Yeah, I think you're absolutely right. And there's so much that we could go really deep into. It's almost like a consumerist attitude towards investment, and they just chuck the investments out there and it's just, you know, one that comes away, the rest of them is a cost of sale and there's more to that, you know, there's more to that. Even on that level, the time effort, the energy, blood, sweat, and tears that a founder puts into their business to be cast aside like that doesn't work, but to your point about communities and having a lasting impact, I think, the danger that founders are gonna have is just, as you said, with the financial institution that you used to work for, almost ever the easy box, tick exercise, let's go paint a room for them. Let's do a bake sale or, you know, whatever it might be. Whilst they look nice and they feel nice at the time, the question is gonna be, what is that lasting impact? You know, are we creating that systemic change that's needed to really move things in the right direction for local communities? If it's a particularly deprived area, then, thinking about that whole concept of, do we give them a fish or you give them a fishing rod, you know, and we have to go towards enabling that movement and as entrepreneurs and as founders, you know, we're in a unique position to do that sort of thing. I've got a question about company culture, actually and given, you mention SeedTribe, and you mention some of the founders you work with and you mention some of the organisations that you worked with as well. What part do you see founders playing in terms of creating that culture, those kind of values within their organisations?
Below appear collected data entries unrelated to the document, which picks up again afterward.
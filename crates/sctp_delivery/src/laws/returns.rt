//! What holds of sessions of a sender that keeps what gap ack blocks report (`Reported::Keep`): a SACK that no longer reports a chunk takes
//! that back, and the chunk is outstanding again (RFC 9260 6.2.1 D iv).
//!
//! `acked` of such a sender is two calls of these sessions: `take_back`, and then `acked` alone. In most laws fewer than 2^64 bytes are
//! written. Those of what the receiver takes and reads hold while fewer than 2^31 TSNs are given out. Those of the sender alone hold
//! while fewer than 2^31 chunks are in flight, as a `Sender` sees to it, however many TSNs it gives out.
//!
//! Not said here: what is noted of chunks in flight, and rounds.

ghost use Rattle.sctp_delivery.specs.Abandoned.{IsEachOtherReadInTheEnd};
ghost use Rattle.sctp_delivery.specs.Amounts.{AmountsEnd, EachIsTold};
ghost use Rattle.sctp_delivery.specs.Counters.{AreSums};
ghost use Rattle.sctp_delivery.specs.Expiries.{EachDueExpires, OnlyTheDueExpire};
ghost use Rattle.sctp_delivery.specs.Messages.{AreParts, AreSame, AreWrites, AreWritesOfTheirOwn, NoneIsReadTwice};
ghost use Rattle.sctp_delivery.specs.Modes.{AreReadAsWritten, AreSentAsWritten};
ghost use Rattle.sctp_delivery.specs.Order.{AreReadInOrder};
ghost use Rattle.sctp_delivery.specs.Refused.{NoneInFlightIsRefusedSo, NoneIsRefusedWhereReadSo, NoneMadeIsRefused};
ghost use Rattle.sctp_delivery.specs.ReturnEndings.{AfterEachWithReturnsAndTsnsLeft, EndsWhereTakenSo, EndsWithAllReadSo};
ghost use Rattle.sctp_delivery.specs.Returns.{AfterEachWithReturns, AfterEachWithReturnsOfFewInFlight, AfterEachWithReturnsOfFewTsns, AmountsAreLeftSo, EachAckedIsTwoCalls, EachReturnIsTold, IsAccountedSo, NoneIsRefusedSo, other_calls};
ghost use Rattle.sctp_delivery.specs.Sacks.{AcknowledgedCame, EachSackTells, LeftCame, NoneIsRefused, NoneIsTakenTwice, ReportWhatCame};
ghost use Rattle.sctp_delivery.specs.Session.{AreMade, AreMessages};

/// Each byte that was written, or came back, waits, is in flight, or was answered as gone.
pub fn whatever_comes_back_bytes_are_accounted_for()
    ensures { AfterEachWithReturns (λ calls s. IsAccountedSo s) }
{}

/// Each message that is read is one that was written, on the stream that it is read on, with its payload type and byte for byte. No TSN and
/// no write is read twice. What was written while a stream was ordered, and each DCEP message, is read in the order of the writes.
pub fn whatever_comes_back_messages_are_writes()
    ensures made { AfterEachWithReturnsOfFewTsns (λ first given gone calls s. AreMade s) }
    ensures whole { AfterEachWithReturnsOfFewTsns (λ first given gone calls s. AreMessages s) }
    ensures written { AfterEachWithReturnsOfFewTsns (λ first given gone calls s. AreWrites s) }
    ensures tsns { AfterEachWithReturnsOfFewTsns (λ first given gone calls s. NoneIsReadTwice s) }
    ensures own { AfterEachWithReturnsOfFewTsns
        (λ first given gone calls s. AreWritesOfTheirOwn s) }
    ensures order { AfterEachWithReturnsOfFewTsns (λ first given gone calls s. AreReadInOrder s) }
    ensures modes { AfterEachWithReturnsOfFewTsns
        (λ first given gone calls s. AreReadAsWritten (other_calls calls) s) }
{}

/// Each DATA chunk that the sender makes, for the first time or again, is a part of a write, also where its bytes came back, and is unordered
/// exactly where its write is: however many TSNs are given out. Two of one TSN are the same, while fewer than 2^31 are.
pub fn whatever_comes_back_chunks_are_parts()
    ensures part { AfterEachWithReturnsOfFewInFlight (λ calls s. AreParts s) }
    ensures same { AfterEachWithReturnsOfFewTsns (λ first given gone calls s. AreSame s) }
    ensures modes { AfterEachWithReturnsOfFewInFlight
        (λ calls s. AreSentAsWritten (other_calls calls) s) }
{}

/// Where nothing waits, is in flight or is readable, each write was read exactly once, unless a call abandoned its message, or let it
/// expire.
pub fn whatever_comes_back_each_other_write_is_read_in_the_end()
    ensures { AfterEachWithReturnsOfFewTsns
        (λ first given gone calls s. IsEachOtherReadInTheEnd gone s) }
{}

/// The sender refuses no SACK that the receiver made, but for memory: neither what it takes back, nor what it acknowledges then. A SACK
/// reports only what the receiver took, or a FORWARD-TSN passed, and leaves out nothing that was taken. A chunk in flight is acknowledged
/// only where the receiver took it, or its message was abandoned.
pub fn whatever_comes_back_sacks_tell_what_came()
    ensures back { AfterEachWithReturnsOfFewTsns (λ first given gone calls s. NoneIsRefusedSo s) }
    ensures refused { AfterEachWithReturnsOfFewTsns (λ first given gone calls s. NoneIsRefused s) }
    ensures reported { AfterEachWithReturnsOfFewTsns
        (λ first given gone calls s. ReportWhatCame first given s) }
    ensures told { AfterEachWithReturnsOfFewTsns (λ first given gone calls s. EachSackTells s) }
    ensures came { AfterEachWithReturnsOfFewTsns
        (λ first given gone calls s. AcknowledgedCame s) }
    ensures left { AfterEachWithReturnsOfFewTsns (λ first given gone calls s. LeftCame first s) }
    ensures once { AfterEachWithReturnsOfFewTsns (λ first given gone calls s. NoneIsTakenTwice s) }
{}

/// A message expires only where its lifetime is over, or its limit of retransmissions is passed, as it was written: none but `abandon`
/// gives up a reliable one, or one of DCEP. And what is due expires.
pub fn whatever_comes_back_only_what_may_expire_expires()
    ensures only { AfterEachWithReturnsOfFewInFlight
        (λ calls s. OnlyTheDueExpire (other_calls calls) s) }
    ensures due { AfterEachWithReturnsOfFewInFlight
        (λ calls s. EachDueExpires (other_calls calls) s) }
{}

/// The counters of each open stream of the sender are sums over what was written to it.
pub fn whatever_comes_back_counters_are_sums_over_writes()
    ensures { AfterEachWithReturnsOfFewInFlight (λ calls s. AreSums s) }
{}

/// The buffered amount of each open stream is the bytes that calls wrote on it, less those that their answers told on it, and with those
/// that came back. It is 0 once nothing of the stream waits, and each of its chunks in flight is acknowledged or abandoned.
pub fn whatever_comes_back_amounts_are_what_is_left()
    ensures left { AfterEachWithReturnsOfFewInFlight AmountsAreLeftSo }
    ensures end { AfterEachWithReturnsOfFewInFlight (λ calls s. AmountsEnd s) }
{}

/// What an answer tells of a chunk that a SACK releases is that chunk's, and its message is told to be acknowledged exactly where none of it
/// is left. What it tells of one that comes back is that of a DATA chunk that was made.
pub fn whatever_comes_back_what_is_told_is_of_the_chunk()
    ensures gone { AfterEachWithReturnsOfFewInFlight (λ calls s. EachIsTold s) }
    ensures back { AfterEachWithReturnsOfFewInFlight (λ calls s. EachReturnIsTold s) }
{}

/// A receiver without limits that is read refuses no DATA chunk that the sender still needs taken, as `no_chunk_in_flight_is_refused` says of a
/// sender that keeps nothing; and whatever its limits, no FORWARD-TSN that the sender may make now.
pub fn whatever_comes_back_what_is_due_is_not_refused()
    ensures due { AfterEachWithReturnsOfFewTsns
        (λ first given gone calls s. NoneInFlightIsRefusedSo s) }
    ensures read { AfterEachWithReturnsOfFewTsns
        (λ first given gone calls s. NoneIsRefusedWhereReadSo s) }
    ensures forward { AfterEachWithReturnsOfFewTsns
        (λ first given gone calls s. NoneMadeIsRefused s) }
{}

/// Each such session can be ended, as `every_session_can_end` says of a sender that keeps nothing, and under the same premises: calls exist,
/// at whatever moment, none of which is refused for a reason, behind which nothing waits, nothing is in flight, and nothing is to be read.
/// None of them writes, abandons a message, or lets one expire; and each SACK is taken as `acked` takes it.
pub fn whatever_comes_back_every_session_can_end()
    ensures ends { AfterEachWithReturnsAndTsnsLeft EndsWhereTakenSo }
    ensures all { AfterEachWithReturnsAndTsnsLeft EndsWithAllReadSo }
{}

/// What `acked` makes of the sender of such a session is these two calls of it.
pub fn each_acked_is_two_calls()
    ensures { AfterEachWithReturnsOfFewTsns
        (λ first given gone calls s. EachAckedIsTwoCalls s) }
{}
What are your thoughts in terms of the people side of things?

Olivia:

Mm. I mean, I come from an HR background historically, so probably probably quite biased in this answer, but to me that is the key that underpins everything. And I read a quote recently, which I'm gonna slightly, paraphrase, but it was say something like, 'culture laughs in the face of strategy' and what that meant was really that you can strategise all you like, but unless you're gonna embed it into the culture, then actually none of it is going to transpire. So I thought that was a good representation of this in particular and ultimately I sort of, you were mentioned the systemic change earlier, and I really think that is absolutely key and for me, the change that we need to see in society that we all have a duty, a delightful duty actually, to, take a part in changing. It needs to come from every level. So from this perspective, in terms of culture, I believe that the leader is there to set the tone for the culture and that then transpires through the whole organisation. But at the same time, hopefully that becomes a, you know, circular process of inspiring your employees, who therefore also build it from the bottom up. So I think the culture is extremely important because it enables you to empower your employees and to have a voice and therefore be able to contribute along the way as well and then that should not just translate into your people, but into all of the processes and in terms of how you work with your suppliers. So it really has a sort of trickle down effect all around and. It comes from the leader, but I believe that the leader is the catalyst and then it should follow and feedback from every direction. Thank you so much, Olivia, for joining us for this Beautiful Business podcast, it's always a pleasure to speak with you. And it's always so inspiring to hear your story and what you are doing to create a positive impact in the world.